» **AIM OF THE TASK**
Which lines of the records below contain the string "past"? Report each of them.

(Stored data)
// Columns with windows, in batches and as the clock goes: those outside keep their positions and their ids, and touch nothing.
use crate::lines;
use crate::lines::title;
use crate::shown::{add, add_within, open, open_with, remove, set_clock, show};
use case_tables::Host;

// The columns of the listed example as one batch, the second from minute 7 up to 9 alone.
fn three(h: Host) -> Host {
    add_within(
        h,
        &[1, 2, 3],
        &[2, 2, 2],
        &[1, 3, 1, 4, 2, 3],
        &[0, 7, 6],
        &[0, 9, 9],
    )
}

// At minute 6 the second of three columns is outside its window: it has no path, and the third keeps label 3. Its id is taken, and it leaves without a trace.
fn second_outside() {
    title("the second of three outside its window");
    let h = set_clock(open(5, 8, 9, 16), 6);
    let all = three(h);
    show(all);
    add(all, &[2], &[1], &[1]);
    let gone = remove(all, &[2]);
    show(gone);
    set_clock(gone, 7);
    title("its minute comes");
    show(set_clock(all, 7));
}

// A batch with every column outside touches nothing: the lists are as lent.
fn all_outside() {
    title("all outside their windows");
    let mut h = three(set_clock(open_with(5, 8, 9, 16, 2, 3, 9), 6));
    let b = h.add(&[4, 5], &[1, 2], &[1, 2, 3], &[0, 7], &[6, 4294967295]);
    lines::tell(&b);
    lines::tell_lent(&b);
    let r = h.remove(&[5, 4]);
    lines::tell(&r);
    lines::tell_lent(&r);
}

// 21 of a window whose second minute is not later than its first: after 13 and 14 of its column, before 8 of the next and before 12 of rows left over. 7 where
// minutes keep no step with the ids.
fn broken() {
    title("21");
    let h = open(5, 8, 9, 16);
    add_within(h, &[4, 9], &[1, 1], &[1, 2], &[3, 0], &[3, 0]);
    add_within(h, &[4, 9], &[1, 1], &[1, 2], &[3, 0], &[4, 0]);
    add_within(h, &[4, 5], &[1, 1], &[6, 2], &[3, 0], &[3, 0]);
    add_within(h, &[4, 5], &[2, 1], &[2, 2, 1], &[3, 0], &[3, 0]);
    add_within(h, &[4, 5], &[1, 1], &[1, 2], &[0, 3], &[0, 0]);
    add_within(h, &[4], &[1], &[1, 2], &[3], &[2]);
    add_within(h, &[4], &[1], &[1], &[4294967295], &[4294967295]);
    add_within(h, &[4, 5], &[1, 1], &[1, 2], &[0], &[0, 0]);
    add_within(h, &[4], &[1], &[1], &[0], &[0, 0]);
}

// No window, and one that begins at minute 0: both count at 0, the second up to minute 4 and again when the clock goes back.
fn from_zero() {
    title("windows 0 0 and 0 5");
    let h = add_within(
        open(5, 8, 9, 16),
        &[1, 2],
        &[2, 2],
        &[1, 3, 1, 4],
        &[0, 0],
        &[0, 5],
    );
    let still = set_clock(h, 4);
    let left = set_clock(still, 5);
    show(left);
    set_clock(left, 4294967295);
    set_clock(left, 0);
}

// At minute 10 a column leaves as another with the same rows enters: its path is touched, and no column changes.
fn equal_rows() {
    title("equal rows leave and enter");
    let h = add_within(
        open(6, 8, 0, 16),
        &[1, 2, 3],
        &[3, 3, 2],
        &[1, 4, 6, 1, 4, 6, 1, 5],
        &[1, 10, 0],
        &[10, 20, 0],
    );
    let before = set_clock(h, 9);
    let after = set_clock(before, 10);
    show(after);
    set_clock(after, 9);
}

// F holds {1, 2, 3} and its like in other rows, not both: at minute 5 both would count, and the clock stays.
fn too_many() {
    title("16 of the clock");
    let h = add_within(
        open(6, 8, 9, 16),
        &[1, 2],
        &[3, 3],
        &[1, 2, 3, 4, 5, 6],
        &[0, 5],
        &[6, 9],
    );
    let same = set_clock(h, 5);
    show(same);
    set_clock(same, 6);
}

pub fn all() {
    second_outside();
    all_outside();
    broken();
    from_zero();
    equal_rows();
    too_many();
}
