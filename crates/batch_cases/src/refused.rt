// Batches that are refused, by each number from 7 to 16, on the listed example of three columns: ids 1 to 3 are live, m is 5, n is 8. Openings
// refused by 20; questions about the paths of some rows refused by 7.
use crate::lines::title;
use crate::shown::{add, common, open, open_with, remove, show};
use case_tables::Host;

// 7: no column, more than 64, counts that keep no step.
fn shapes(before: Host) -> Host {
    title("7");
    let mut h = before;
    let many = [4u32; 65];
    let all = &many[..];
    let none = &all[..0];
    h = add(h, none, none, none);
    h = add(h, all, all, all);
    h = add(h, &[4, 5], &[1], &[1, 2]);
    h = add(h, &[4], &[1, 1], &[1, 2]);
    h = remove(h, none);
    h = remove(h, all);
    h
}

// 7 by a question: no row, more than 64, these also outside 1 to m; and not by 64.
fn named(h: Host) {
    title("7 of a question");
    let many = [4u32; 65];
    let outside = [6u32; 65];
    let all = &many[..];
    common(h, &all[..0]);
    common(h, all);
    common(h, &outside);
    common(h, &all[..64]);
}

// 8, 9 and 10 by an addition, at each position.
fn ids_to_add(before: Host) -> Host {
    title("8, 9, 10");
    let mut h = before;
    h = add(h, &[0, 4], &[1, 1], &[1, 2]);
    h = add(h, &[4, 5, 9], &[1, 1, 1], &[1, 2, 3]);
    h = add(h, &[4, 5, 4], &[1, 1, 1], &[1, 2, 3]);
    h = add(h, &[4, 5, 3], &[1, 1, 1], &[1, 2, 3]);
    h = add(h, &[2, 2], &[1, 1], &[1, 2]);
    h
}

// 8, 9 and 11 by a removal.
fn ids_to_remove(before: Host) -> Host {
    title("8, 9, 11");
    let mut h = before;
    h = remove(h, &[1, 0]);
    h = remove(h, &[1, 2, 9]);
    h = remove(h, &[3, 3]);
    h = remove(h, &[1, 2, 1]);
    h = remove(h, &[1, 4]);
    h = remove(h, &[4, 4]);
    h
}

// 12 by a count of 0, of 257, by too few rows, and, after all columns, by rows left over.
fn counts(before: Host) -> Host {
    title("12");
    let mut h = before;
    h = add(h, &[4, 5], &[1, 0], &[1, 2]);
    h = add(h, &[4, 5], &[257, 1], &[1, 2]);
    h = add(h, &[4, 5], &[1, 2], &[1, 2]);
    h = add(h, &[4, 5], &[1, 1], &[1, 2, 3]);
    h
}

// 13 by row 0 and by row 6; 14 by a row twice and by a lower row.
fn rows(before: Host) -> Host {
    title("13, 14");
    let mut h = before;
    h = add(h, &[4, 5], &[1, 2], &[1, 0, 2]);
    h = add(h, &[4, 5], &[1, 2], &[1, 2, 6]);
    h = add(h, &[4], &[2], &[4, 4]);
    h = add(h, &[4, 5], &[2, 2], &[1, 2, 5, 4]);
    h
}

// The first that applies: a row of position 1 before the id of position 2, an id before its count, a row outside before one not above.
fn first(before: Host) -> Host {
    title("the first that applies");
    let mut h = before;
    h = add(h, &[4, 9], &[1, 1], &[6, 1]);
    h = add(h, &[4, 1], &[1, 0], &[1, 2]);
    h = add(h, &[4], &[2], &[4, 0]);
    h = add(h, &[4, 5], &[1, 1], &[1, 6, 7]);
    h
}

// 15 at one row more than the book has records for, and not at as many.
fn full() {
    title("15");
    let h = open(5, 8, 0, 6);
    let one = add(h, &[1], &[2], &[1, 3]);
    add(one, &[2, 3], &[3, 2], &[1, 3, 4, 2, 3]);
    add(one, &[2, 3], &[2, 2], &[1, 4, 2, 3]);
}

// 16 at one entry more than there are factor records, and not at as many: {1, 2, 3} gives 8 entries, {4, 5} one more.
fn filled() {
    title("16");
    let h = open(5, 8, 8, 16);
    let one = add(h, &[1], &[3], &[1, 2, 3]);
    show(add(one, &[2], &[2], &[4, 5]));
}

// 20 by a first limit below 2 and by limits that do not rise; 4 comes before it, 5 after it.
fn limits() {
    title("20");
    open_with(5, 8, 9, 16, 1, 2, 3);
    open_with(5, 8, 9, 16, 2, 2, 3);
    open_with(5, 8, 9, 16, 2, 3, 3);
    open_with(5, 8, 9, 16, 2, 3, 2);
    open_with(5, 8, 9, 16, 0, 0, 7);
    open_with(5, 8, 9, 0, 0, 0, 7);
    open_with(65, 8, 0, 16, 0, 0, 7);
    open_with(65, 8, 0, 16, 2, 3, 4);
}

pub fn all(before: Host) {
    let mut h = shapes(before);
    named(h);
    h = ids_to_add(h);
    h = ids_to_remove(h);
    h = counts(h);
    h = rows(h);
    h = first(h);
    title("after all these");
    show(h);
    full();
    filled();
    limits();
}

* * *

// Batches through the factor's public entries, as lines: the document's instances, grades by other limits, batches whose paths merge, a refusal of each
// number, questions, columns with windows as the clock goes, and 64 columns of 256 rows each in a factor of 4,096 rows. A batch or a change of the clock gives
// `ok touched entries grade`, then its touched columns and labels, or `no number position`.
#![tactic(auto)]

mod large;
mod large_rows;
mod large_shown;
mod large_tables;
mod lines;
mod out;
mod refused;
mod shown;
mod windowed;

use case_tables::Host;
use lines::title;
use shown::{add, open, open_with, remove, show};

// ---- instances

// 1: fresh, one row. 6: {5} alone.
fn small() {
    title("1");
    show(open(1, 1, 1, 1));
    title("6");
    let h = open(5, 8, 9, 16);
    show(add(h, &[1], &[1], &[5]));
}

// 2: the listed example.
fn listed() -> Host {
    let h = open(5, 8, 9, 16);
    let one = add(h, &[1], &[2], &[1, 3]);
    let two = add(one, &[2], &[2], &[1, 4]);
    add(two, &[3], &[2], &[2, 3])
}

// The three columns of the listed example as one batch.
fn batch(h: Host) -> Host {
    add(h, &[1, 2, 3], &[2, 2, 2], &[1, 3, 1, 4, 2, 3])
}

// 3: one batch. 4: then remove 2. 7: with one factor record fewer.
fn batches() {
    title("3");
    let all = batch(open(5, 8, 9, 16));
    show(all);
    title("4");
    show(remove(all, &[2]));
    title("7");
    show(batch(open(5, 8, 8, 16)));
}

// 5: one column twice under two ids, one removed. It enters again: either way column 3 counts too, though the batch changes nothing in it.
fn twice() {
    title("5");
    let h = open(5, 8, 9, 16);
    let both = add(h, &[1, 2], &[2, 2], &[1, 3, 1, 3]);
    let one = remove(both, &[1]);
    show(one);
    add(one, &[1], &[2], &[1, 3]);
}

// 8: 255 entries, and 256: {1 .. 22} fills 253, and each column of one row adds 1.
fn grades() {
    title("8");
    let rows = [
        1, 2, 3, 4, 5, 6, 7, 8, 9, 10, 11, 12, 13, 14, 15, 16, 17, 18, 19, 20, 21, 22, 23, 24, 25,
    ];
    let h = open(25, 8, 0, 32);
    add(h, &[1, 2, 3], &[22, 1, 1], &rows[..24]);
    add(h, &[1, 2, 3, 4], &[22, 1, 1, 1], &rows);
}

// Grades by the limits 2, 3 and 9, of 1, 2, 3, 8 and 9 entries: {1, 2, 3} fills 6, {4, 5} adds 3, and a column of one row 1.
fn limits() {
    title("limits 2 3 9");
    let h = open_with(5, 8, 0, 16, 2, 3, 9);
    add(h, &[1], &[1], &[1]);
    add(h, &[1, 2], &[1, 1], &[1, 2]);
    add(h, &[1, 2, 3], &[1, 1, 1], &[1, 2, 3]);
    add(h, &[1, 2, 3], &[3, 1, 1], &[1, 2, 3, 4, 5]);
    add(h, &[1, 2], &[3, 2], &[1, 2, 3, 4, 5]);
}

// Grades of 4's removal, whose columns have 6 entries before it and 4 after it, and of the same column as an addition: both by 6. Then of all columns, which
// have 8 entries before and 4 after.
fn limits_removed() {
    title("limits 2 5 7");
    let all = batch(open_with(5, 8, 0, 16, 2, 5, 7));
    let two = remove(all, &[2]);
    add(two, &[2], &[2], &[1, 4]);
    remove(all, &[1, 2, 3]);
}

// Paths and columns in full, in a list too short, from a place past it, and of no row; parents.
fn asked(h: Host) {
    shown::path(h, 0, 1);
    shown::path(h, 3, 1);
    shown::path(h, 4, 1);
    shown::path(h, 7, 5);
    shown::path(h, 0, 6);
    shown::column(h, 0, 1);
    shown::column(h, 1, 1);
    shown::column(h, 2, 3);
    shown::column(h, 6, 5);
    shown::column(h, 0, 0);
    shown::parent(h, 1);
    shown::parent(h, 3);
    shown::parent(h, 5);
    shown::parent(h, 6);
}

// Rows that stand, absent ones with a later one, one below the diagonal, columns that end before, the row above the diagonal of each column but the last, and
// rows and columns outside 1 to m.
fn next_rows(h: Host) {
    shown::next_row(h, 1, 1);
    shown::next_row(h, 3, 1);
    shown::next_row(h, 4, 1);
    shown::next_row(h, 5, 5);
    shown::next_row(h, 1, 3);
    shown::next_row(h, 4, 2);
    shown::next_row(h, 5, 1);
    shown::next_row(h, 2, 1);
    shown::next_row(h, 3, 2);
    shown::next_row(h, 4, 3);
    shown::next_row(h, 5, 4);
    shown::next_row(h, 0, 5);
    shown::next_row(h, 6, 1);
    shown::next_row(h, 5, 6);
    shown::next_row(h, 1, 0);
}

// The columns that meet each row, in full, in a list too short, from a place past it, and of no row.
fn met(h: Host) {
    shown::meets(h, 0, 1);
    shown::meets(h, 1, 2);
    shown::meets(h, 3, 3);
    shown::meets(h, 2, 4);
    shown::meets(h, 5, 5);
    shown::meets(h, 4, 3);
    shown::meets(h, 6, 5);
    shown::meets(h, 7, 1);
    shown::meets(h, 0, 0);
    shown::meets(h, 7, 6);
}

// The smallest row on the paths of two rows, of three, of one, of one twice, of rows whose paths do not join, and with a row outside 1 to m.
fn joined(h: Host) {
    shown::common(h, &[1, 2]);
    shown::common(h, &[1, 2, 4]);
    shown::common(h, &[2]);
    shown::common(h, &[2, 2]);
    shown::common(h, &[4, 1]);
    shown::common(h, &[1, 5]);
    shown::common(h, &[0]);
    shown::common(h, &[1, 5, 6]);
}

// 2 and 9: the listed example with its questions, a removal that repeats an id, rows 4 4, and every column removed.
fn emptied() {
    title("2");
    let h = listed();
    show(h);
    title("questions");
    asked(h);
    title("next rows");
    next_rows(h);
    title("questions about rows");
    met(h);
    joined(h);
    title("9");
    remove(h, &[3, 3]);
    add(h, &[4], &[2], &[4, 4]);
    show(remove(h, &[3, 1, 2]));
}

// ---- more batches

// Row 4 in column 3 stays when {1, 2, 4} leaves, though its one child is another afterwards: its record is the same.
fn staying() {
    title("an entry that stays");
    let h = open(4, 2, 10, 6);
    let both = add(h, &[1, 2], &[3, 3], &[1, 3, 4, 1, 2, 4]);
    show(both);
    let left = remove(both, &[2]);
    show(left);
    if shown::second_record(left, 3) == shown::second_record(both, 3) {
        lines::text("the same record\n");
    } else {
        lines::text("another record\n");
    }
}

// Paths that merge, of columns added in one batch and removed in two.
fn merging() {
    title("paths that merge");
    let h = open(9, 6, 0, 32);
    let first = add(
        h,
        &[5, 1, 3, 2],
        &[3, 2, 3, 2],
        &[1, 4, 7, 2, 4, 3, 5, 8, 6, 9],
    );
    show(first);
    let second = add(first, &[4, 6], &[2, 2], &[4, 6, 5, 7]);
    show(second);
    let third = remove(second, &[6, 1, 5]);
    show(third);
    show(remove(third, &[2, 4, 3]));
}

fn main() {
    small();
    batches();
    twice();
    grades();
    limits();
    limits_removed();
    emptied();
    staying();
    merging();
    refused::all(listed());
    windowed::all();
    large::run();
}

---

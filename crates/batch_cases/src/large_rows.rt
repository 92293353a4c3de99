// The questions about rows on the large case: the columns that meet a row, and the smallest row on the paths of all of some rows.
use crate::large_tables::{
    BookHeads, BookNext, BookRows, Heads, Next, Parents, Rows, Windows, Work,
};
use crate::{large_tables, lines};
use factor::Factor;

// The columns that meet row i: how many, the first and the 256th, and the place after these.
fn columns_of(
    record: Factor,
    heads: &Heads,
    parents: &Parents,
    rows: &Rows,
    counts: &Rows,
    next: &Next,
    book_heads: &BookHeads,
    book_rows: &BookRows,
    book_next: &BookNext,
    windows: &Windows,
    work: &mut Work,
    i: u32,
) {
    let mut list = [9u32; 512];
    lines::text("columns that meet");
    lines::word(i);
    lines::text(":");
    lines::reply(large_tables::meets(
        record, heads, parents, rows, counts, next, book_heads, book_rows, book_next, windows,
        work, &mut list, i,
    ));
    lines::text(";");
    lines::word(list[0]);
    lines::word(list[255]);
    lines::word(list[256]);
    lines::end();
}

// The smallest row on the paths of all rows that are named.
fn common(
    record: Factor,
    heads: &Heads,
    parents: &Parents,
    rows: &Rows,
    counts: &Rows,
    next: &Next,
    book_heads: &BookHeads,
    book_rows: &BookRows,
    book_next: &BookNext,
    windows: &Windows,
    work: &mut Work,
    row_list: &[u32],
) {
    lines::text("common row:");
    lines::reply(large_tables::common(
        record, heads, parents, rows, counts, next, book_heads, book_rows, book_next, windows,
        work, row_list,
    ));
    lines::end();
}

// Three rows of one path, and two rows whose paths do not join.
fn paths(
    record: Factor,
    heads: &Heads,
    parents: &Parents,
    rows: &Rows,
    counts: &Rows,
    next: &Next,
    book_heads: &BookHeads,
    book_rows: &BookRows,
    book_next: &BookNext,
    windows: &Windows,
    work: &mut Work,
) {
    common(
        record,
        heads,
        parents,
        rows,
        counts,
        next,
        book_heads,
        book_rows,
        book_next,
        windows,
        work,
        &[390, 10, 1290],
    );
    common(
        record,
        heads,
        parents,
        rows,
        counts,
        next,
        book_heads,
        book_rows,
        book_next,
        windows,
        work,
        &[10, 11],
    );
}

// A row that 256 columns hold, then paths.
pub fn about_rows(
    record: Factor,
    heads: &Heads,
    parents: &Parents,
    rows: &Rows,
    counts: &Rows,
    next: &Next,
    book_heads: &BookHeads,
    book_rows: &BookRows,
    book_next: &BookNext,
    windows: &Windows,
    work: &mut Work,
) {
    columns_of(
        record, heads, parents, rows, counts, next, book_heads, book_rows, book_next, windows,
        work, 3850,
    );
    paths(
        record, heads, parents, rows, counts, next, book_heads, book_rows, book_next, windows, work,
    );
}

» **SOLUTION FOR THIS EXERCISE**
// Paths and columns in full, in a list too short, from a place past it, and of no row; parents.
// The columns that meet each row, in full, in a list too short, from a place past it, and of no row.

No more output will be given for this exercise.